Normally, revenue growth is a sign of an increased demand, so banks might have more faith in the company’s future earnings and hence approve loans more easily.
When revenue drops, working capital decreases and is released into liquidity until the next upturn. In these circumstances, the release of working capital alleviates the pressure on cash flow.
However, there are companies with a structurally NEGATIVE working capital.
This means that the amount of their liabilities towards suppliers and advances received exceeds the amount of inventories, receivables, and prepayments.
You might see this situation with airlines, travel agencies, tour operators, hotels, food retailers…
This means they receive money upfront and can use it for other purposes before paying their liabilities towards suppliers.

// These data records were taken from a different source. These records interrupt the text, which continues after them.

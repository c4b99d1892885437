//! Nodes: facts, which declarations say, filters, which are found out of them, and targets, which are made for the image.
ghost use Rattle.std.specs.Prelude.{◌≡◌, refl, IfOk};
ghost use Rattle.std.specs.declared.cmp.Ordering.TheVariants.{Equal};
ghost use Rattle.std.specs.Ordering.{eq_by_cmp, as_partial_cmp};
ghost use Rattle.std.specs.Cmp.{partial_order_from_own_ties, partial_order_from_total, eq_by_cmp_equiv};
ghost use Rattle.std.specs.Cmp.Lexicographic.{slice_cmp};
ghost use Rattle.vx_names.specs.KeyLaws.{alike, same_writes};
ghost use Rattle.vx_node.specs.Order.{infos_cmp, infos_total, infos_apart, infos_writes};

use sqlite_items::Items;
use std::alloc::{AllocError, Global};
use std::cmp::Ordering;
use std::hash::{Hash, Hasher};
use std::marker::Model;
use vx_names::{MethodKey, Name, Selector};

/// What is known of an argument's class before the run.
#[derive(Drop, PartialEq, Eq, Hash, PartialOrd, Ord)]
pub enum Info {
    /// Any value.
    Any,
    /// A value whose class is the object or below it.
    Cone(Name),
    /// A value whose class is the object.
    Exact(Name),
}

/// The infos of a message's arguments.
#[derive(Drop)]
pub struct Infos {
    infos: Items<Info>,
}

impl Model for Infos {
    ghost use Rattle.std.specs.Prelude.{List};
    ghost use Rattle.vx_node.specs.declared.node.Info.{Info};

    ghost Value = { List Info };

    ghost view = { λ i. i.infos };
}

impl PartialEq for Infos {
    ghost eq = { eq_by_cmp infos_cmp };

    ghost laws = { alike infos_total };

    fn eq(&self, other: &Infos) -> bool {
        self.cmp(other) == Ordering::Equal
    }
}

impl Eq for Infos {
    ghost laws = { eq_by_cmp_equiv infos_total };
}

impl Hash for Infos {
    ghost hash_input = { infos_writes };

    ghost respects_eq = { same_writes infos_apart infos_writes };

    fn hash<H: Hasher>(&self, state: &mut H) {
        self.infos.as_slice().hash(state);
    }
}

impl PartialOrd for Infos {
    ghost partial_cmp = { as_partial_cmp infos_cmp };

    ghost laws = { partial_order_from_own_ties (partial_order_from_total infos_total) (λ _ _. refl) };

    fn partial_cmp(&self, other: &Infos) -> Option<Ordering> {
        Some(self.cmp(other))
    }
}

impl Ord for Infos {
    ghost cmp = { infos_cmp };

    ghost total = { infos_total };

    ghost matches_partial_cmp = { λ _ _. refl };

    ghost matches_eq = { λ _ _. refl };

    fn cmp(&self, other: &Infos) -> Ordering {
        self.infos.as_slice().cmp(other.infos.as_slice())
    }
}

/// Which code of a method: the general one, or that for one class of the argument at a position.
#[derive(Drop, PartialEq, Eq, Hash, PartialOrd, Ord)]
pub enum Variant {
    General,
    Clone(u8, Name),
}

/// What declarations say by themselves.
#[derive(Drop, PartialEq, Eq, Hash, PartialOrd, Ord)]
pub enum Fact {
    Decl(Name),
    Children(Name),
    There(Name),
    Heads(Selector),
    Body(MethodKey),
    Fields(Name),
}

/// What is found out of facts and of other filters.
#[derive(Drop, PartialEq, Eq, Hash, PartialOrd, Ord)]
pub enum Filter {
    Up(Name),
    Cone(Name),
    Base(Name),
    Slots(Name),
    Field(Name, Name),
    Inline(MethodKey),
    Bind(Selector, Infos, Option<MethodKey>),
    Clones(MethodKey),
}

/// What is made for the image.
#[derive(Drop, PartialEq, Eq, Hash, PartialOrd, Ord)]
pub enum Target {
    Shape(Name),
    Test(Name),
    Table(Selector),
    Code(MethodKey, Variant),
}

/// What can be asked of a program. Nodes are ordered by kind and then by their parts.
#[derive(Drop, PartialEq, Eq, Hash, PartialOrd, Ord)]
pub enum NodeId {
    Fact(Fact),
    Filter(Filter),
    Target(Target),
}

impl Info {
    pub fn copy(&self, alloc: Global) -> Result<Info, AllocError>
        ensures { IfOk result (λ info. info ≡ self.now) }
    {
        match self {
            Info::Any => Ok(Info::Any),
            Info::Cone(x) => Ok(Info::Cone(x.copy(alloc)?)),
            Info::Exact(x) => Ok(Info::Exact(x.copy(alloc)?)),
        }
    }
}

impl Infos {
    pub fn new(infos: Items<Info>) -> Infos
        ensures { result ≡ infos }
    {
        Infos { infos }
    }

    pub fn as_slice(&self) -> &[Info]
        ensures { result.now ≡ self.now }
    {
        self.infos.as_slice()
    }

    pub fn copy(&self, alloc: Global) -> Result<Infos, AllocError>
        ensures { IfOk result (λ infos. infos ≡ self.now) }
    {
        Ok(Infos {
            infos: copy_infos(alloc, self.infos.as_slice())?,
        })
    }
}

/// The infos, each copied.
pub fn copy_infos(alloc: Global, infos: &[Info]) -> Result<Items<Info>, AllocError>
    ensures { IfOk result (λ copies. copies ≡ infos.now) }
{
    let mut copies = Items::new(alloc);
    for info in infos {
        copies.push(info.copy(alloc)?)?;
    }
    Ok(copies)
}

fn copy_below(alloc: Global, below: &Option<MethodKey>) -> Result<Option<MethodKey>, AllocError>
    ensures { IfOk result (λ copy. copy ≡ below.now) }
{
    match below {
        Some(key) => Ok(Some(key.copy(alloc)?)),
        None => Ok(None),
    }
}

impl Variant {
    pub fn copy(&self, alloc: Global) -> Result<Variant, AllocError>
        ensures { IfOk result (λ variant. variant ≡ self.now) }
    {
        match self {
            Variant::General => Ok(Variant::General),
            Variant::Clone(position, class) => Ok(Variant::Clone(*position, class.copy(alloc)?)),
        }
    }
}

fn copy_fact(alloc: Global, fact: &Fact) -> Result<Fact, AllocError>
    ensures { IfOk result (λ copy. copy ≡ fact.now) }
{
    match fact {
        Fact::Decl(x) => Ok(Fact::Decl(x.copy(alloc)?)),
        Fact::Children(x) => Ok(Fact::Children(x.copy(alloc)?)),
        Fact::There(x) => Ok(Fact::There(x.copy(alloc)?)),
        Fact::Heads(selector) => Ok(Fact::Heads(selector.copy(alloc)?)),
        Fact::Body(key) => Ok(Fact::Body(key.copy(alloc)?)),
        Fact::Fields(x) => Ok(Fact::Fields(x.copy(alloc)?)),
    }
}

fn copy_bind(
    alloc: Global,
    selector: &Selector,
    infos: &Infos,
    below: &Option<MethodKey>,
) -> Result<Filter, AllocError>
    ensures { IfOk result (λ copy. copy ≡ Filter.Bind selector.now infos.now below.now) }
{
    let selector = selector.copy(alloc)?;
    let infos = infos.copy(alloc)?;
    let below = copy_below(alloc, below)?;
    Ok(Filter::Bind(selector, infos, below))
}

fn copy_filter(alloc: Global, filter: &Filter) -> Result<Filter, AllocError>
    ensures { IfOk result (λ copy. copy ≡ filter.now) }
{
    match filter {
        Filter::Up(x) => Ok(Filter::Up(x.copy(alloc)?)),
        Filter::Cone(x) => Ok(Filter::Cone(x.copy(alloc)?)),
        Filter::Base(x) => Ok(Filter::Base(x.copy(alloc)?)),
        Filter::Slots(x) => Ok(Filter::Slots(x.copy(alloc)?)),
        Filter::Field(x, name) => Ok(Filter::Field(x.copy(alloc)?, name.copy(alloc)?)),
        Filter::Inline(key) => Ok(Filter::Inline(key.copy(alloc)?)),
        Filter::Bind(selector, infos, below) => copy_bind(alloc, selector, infos, below),
        Filter::Clones(key) => Ok(Filter::Clones(key.copy(alloc)?)),
    }
}

fn copy_target(alloc: Global, target: &Target) -> Result<Target, AllocError>
    ensures { IfOk result (λ copy. copy ≡ target.now) }
{
    match target {
        Target::Shape(x) => Ok(Target::Shape(x.copy(alloc)?)),
        Target::Test(x) => Ok(Target::Test(x.copy(alloc)?)),
        Target::Table(selector) => Ok(Target::Table(selector.copy(alloc)?)),
        Target::Code(key, variant) => Ok(Target::Code(key.copy(alloc)?, variant.copy(alloc)?)),
    }
}

impl NodeId {
    pub fn copy(&self, alloc: Global) -> Result<NodeId, AllocError>
        ensures { IfOk result (λ node. node ≡ self.now) }
    {
        match self {
            NodeId::Fact(fact) => Ok(NodeId::Fact(copy_fact(alloc, fact)?)),
            NodeId::Filter(filter) => Ok(NodeId::Filter(copy_filter(alloc, filter)?)),
            NodeId::Target(target) => Ok(NodeId::Target(copy_target(alloc, target)?)),
        }
    }
}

When these companies grow, their working capital gap increases, meaning they get more money in advance! This is great, because they don’t need to rely on banks to support their growth.
Yes, but…
When revenue drops, working capital gap decreases and they need more cash to cover it. This means they need the support from banks when demand is decreasing, which can make obtaining loans impossible or very costly.
The above situation hit FTI too.
Before the pandemic, their working capital was negative at -200m €. This means they could use this money to finance other stuff on their balance sheet.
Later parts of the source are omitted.